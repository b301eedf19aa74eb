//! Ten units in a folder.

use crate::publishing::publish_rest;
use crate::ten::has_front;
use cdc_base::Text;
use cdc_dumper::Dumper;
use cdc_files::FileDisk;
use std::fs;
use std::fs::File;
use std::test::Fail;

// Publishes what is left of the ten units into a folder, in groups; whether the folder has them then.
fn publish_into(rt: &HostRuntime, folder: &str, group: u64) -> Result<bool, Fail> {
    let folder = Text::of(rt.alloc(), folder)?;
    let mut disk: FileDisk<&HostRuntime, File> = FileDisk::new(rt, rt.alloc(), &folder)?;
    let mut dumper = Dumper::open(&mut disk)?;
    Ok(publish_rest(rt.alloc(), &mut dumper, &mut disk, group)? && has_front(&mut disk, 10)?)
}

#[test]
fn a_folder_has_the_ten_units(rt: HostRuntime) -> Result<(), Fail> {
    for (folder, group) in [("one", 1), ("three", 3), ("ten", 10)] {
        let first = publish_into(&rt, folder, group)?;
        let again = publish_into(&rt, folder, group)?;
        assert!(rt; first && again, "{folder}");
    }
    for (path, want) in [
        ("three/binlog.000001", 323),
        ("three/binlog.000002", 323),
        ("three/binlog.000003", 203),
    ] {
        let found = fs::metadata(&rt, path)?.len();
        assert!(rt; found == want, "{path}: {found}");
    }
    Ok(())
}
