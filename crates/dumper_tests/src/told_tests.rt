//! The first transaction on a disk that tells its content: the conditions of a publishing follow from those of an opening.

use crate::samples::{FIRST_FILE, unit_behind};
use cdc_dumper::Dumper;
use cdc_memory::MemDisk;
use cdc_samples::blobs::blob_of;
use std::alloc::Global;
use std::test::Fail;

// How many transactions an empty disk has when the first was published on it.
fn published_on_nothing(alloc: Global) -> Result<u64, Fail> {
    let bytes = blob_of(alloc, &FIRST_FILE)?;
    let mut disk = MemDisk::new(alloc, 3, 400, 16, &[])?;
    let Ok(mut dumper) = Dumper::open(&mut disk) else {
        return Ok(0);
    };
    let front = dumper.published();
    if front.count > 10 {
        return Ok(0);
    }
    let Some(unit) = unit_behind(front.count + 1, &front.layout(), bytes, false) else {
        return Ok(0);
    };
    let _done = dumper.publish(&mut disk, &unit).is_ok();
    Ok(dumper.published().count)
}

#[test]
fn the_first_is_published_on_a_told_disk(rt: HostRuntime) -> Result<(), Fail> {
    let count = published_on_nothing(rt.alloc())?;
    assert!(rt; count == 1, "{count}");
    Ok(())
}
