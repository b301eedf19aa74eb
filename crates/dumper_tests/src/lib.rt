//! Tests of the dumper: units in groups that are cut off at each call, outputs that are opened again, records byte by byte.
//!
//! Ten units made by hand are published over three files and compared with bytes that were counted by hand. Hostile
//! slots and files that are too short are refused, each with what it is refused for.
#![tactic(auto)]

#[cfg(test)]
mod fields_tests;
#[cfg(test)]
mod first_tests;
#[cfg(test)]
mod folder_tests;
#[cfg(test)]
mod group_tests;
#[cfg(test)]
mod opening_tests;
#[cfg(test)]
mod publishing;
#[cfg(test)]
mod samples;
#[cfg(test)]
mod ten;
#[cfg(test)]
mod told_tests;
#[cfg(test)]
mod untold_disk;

_Your goal_
Look through the material above. Copy each line where the word "Result" appears.

_Task solution_
fn publish_into(rt: &HostRuntime, folder: &str, group: u64) -> Result<bool, Fail> {
fn a_folder_has_the_ten_units(rt: HostRuntime) -> Result<(), Fail> {
fn published_on_nothing(alloc: Global) -> Result<u64, Fail> {
fn the_first_is_published_on_a_told_disk(rt: HostRuntime) -> Result<(), Fail> {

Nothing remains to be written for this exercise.